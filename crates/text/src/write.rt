// Laying out cells as a text and its origins, in a lent pair of slices.
ghost use Rattle.std.specs.Prelude.{◌≡◌, [], ◌∷◌, map, ◌+◌, ◌≤◌, length, take};
ghost use Rattle.text.specs.Cells.{cell, cells, origin_of, part};
ghost use Rattle.text.specs.Writes.{Appends, padded, LaidOut};

use crate::area::put_in;
use crate::cell::origin_of;
use crate::{TextAt, WorkAt};

// Appends one cell to the whole of two slices, of whatever lengths.
pub fn put(buf: &mut [u8], nums: &mut [u32], at: TextAt, b: u8, x: u32) -> TextAt
    ensures { Appends (cells buf.old nums.old) at.0 (cells buf.new nums.new) result.0 (cell b x ∷ []) }
{
    let end = buf.len().min(nums.len());
    let to = put_in(buf, nums, end, WorkAt(at.0), b, x);
    TextAt(to.0)
}

// Lays out the first n bytes of a source, with zeros behind them.
fn lay_bytes(src: &[u8], n: usize, out: &mut [u8])
    requires { (n ≤ length src.now) × (n ≤ length out.old) }
    ensures { out.new ≡ padded (length out.old) (take n src.now) }
{
    for i in 0..n {
        out[i] = src[i];
    }
    out[n..].fill(0);
}

// Lays out the origins of the first n numbers of a source, with zeros behind them.
fn lay_origins(from: &[u32], n: usize, plain: &mut [u32])
    requires { (n ≤ length from.now) × (n ≤ length plain.old) }
    ensures { plain.new ≡ padded (length plain.old) (map origin_of (take n from.now)) }
{
    for i in 0..n {
        plain[i] = origin_of(from[i]);
    }
    plain[n..].fill(0);
}

// Lays out the first n cells of a source as text and origins, with zeros behind them.
pub fn lay_out(src: &[u8], from: &[u32], n: usize, out: &mut [u8], plain: &mut [u32])
    requires { (n ≤ length src.now) × ((n ≤ length from.now) × ((n ≤ length out.old) × (n ≤ length plain.old))) }
    ensures { LaidOut (take n (cells src.now from.now)) (length out.old) (length plain.old) out.new plain.new }
{
    lay_bytes(src, n, out);
    lay_origins(from, n, plain);
}

// Lays out the cells of a source from a up to e as text and origins, with zeros behind them.
pub fn lay_part(src: &[u8], from: &[u32], a: WorkAt, e: WorkAt, out: &mut [u8], plain: &mut [u32])
    requires { ((a.0 ≤ e.0) × ((e.0 ≤ length src.now) × (e.0 ≤ length from.now))) × ((e.0 ≤ a.0 + length out.old) × (e.0 ≤ a.0 + length plain.old)) }
    ensures { LaidOut (part a.0 e.0 (cells src.now from.now)) (length out.old) (length plain.old) out.new plain.new }
{
    lay_out(&src[a.0..e.0], &from[a.0..e.0], e.0 - a.0, out, plain);
}

// Lays out nothing: zeros.
pub fn lay_nothing(out: &mut [u8], plain: &mut [u32])
    ensures { LaidOut [] (length out.old) (length plain.old) out.new plain.new }
{
    out.fill(0);
    plain.fill(0);
}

________________________

◆ **ABOUT THIS TASK**
Return the listing word for word.

◆ **SOLUTION BELOW**
filename crates/text/src/write.rt
// Laying out cells as a text and its origins, in a lent pair of slices.
ghost use Rattle.std.specs.Prelude.{◌≡◌, [], ◌∷◌, map, ◌+◌, ◌≤◌, length, take};
ghost use Rattle.text.specs.Cells.{cell, cells, origin_of, part};
ghost use Rattle.text.specs.Writes.{Appends, padded, LaidOut};

use crate::area::put_in;
use crate::cell::origin_of;
use crate::{TextAt, WorkAt};

// Appends one cell to the whole of two slices, of whatever lengths.
pub fn put(buf: &mut [u8], nums: &mut [u32], at: TextAt, b: u8, x: u32) -> TextAt
    ensures { Appends (cells buf.old nums.old) at.0 (cells buf.new nums.new) result.0 (cell b x ∷ []) }
{
    let end = buf.len().min(nums.len());
    let to = put_in(buf, nums, end, WorkAt(at.0), b, x);
    TextAt(to.0)
}

// Lays out the first n bytes of a source, with zeros behind them.
fn lay_bytes(src: &[u8], n: usize, out: &mut [u8])
    requires { (n ≤ length src.now) × (n ≤ length out.old) }
    ensures { out.new ≡ padded (length out.old) (take n src.now) }
{
    for i in 0..n {
        out[i] = src[i];
    }
    out[n..].fill(0);
}

// Lays out the origins of the first n numbers of a source, with zeros behind them.
fn lay_origins(from: &[u32], n: usize, plain: &mut [u32])
    requires { (n ≤ length from.now) × (n ≤ length plain.old) }
    ensures { plain.new ≡ padded (length plain.old) (map origin_of (take n from.now)) }
{
    for i in 0..n {
        plain[i] = origin_of(from[i]);
    }
    plain[n..].fill(0);
}

// Lays out the first n cells of a source as text and origins, with zeros behind them.
pub fn lay_out(src: &[u8], from: &[u32], n: usize, out: &mut [u8], plain: &mut [u32])
    requires { (n ≤ length src.now) × ((n ≤ length from.now) × ((n ≤ length out.old) × (n ≤ length plain.old))) }
    ensures { LaidOut (take n (cells src.now from.now)) (length out.old) (length plain.old) out.new plain.new }
{
    lay_bytes(src, n, out);
    lay_origins(from, n, plain);
}

// Lays out the cells of a source from a up to e as text and origins, with zeros behind them.
pub fn lay_part(src: &[u8], from: &[u32], a: WorkAt, e: WorkAt, out: &mut [u8], plain: &mut [u32])
    requires { ((a.0 ≤ e.0) × ((e.0 ≤ length src.now) × (e.0 ≤ length from.now))) × ((e.0 ≤ a.0 + length out.old) × (e.0 ≤ a.0 + length plain.old)) }
    ensures { LaidOut (part a.0 e.0 (cells src.now from.now)) (length out.old) (length plain.old) out.new plain.new }
{
    lay_out(&src[a.0..e.0], &from[a.0..e.0], e.0 - a.0, out, plain);
}

// Lays out nothing: zeros.
pub fn lay_nothing(out: &mut [u8], plain: &mut [u32])
    ensures { LaidOut [] (length out.old) (length plain.old) out.new plain.new }
{
    out.fill(0);
    plain.fill(0);
}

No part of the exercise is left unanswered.